Our product suite currently falls into one of three categories

  • Search
  • Document content extraction (including images)
  • Document management

At the level of individual paper metadata we retrieve, our database is based on Semantic Scholar’s fantastic API. Any references to SS_ID inside of ScholarAI correspond to Semantic Scholar’s paperId field

In the category of search, we’ve created a vector database representing 100s of millions of papers that can be semantically searched by their titles and abstracts.

These search results are also enhanced by

  • Open source access information
  • Ranking based on semantic similarity to the initial query, citation counts, or publication dates
  • Optional generative_mode for directly asking questions to the searched content.

The search returns a variable number of results depending on the cosine similarity of the found results. You may see anything between 0 to 25 results for a semantic search.

Suggested Endpoints

Content Extraction

Internally, we use a neural-network powered OCR system to read PDFs for which we’ve been provided a manually uploaded file or URL. With this OCR system, we can read PDFs even if they are older scans and isolate images.

Currently, these extractions can still be blocked by publishers and are subject to copyright and open-access rules. For any file manually uploaded to our system, following expectations regarding copyright is the responsibility of the user.

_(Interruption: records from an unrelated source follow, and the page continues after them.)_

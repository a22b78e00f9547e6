//! Masters of a library.

use eco_common::{Dir, Name};
use sqlite_items::Items;

/// A pin of a master. `supply` says that its `USE` is POWER or GROUND.
#[derive(Drop)]
pub struct MasterPin {
    pub name: Name,
    pub dir: Dir,
    pub supply: bool,
}

/// A macro: its name, its size in millionths of a micron, and its pins in order.
#[derive(Drop)]
pub struct Master {
    pub name: Name,
    pub width: u64,
    pub height: u64,
    pub pins: Items<MasterPin>,
}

The OCR system can effectively recognize text and related figures from a paper, but has a known weakness in accurately identifying figures by their label. We prune images from the returned data that seem poor quality.

Suggested Endpoints

Document management

Every user can create projects, which are storage spaces for related agentic work and documents. For the sake of this API, these projects can collect papers and then allow mass RAG query over the uploaded data.

The projects are additionally

  • Privately encrypted for each user
  • Interfaced with document store features
  • Capable of batch analysis over all or select documents inside of the project

Presently, projects only store PDFs.

Putting it all together

All systems here rely on one central ID: the paper_id. This is an abstracted way to identify a paper by DOI, it’s URL, it’s identifier inside of a project, etc. A paper_id will always begin with something akin to DOI:..., PROJ:..., SSID:.... Every endpoint, whether searching or scanning a project, uses a given paper_id to find relevant metadata which can then extend into other functions.

For example, when you search for papers, we will try to create a PDF_URL:... paper_id for every paper returned by the query. A PDF_URL:... can then be fed into a project endpoint or RAG endpoint for further extraction.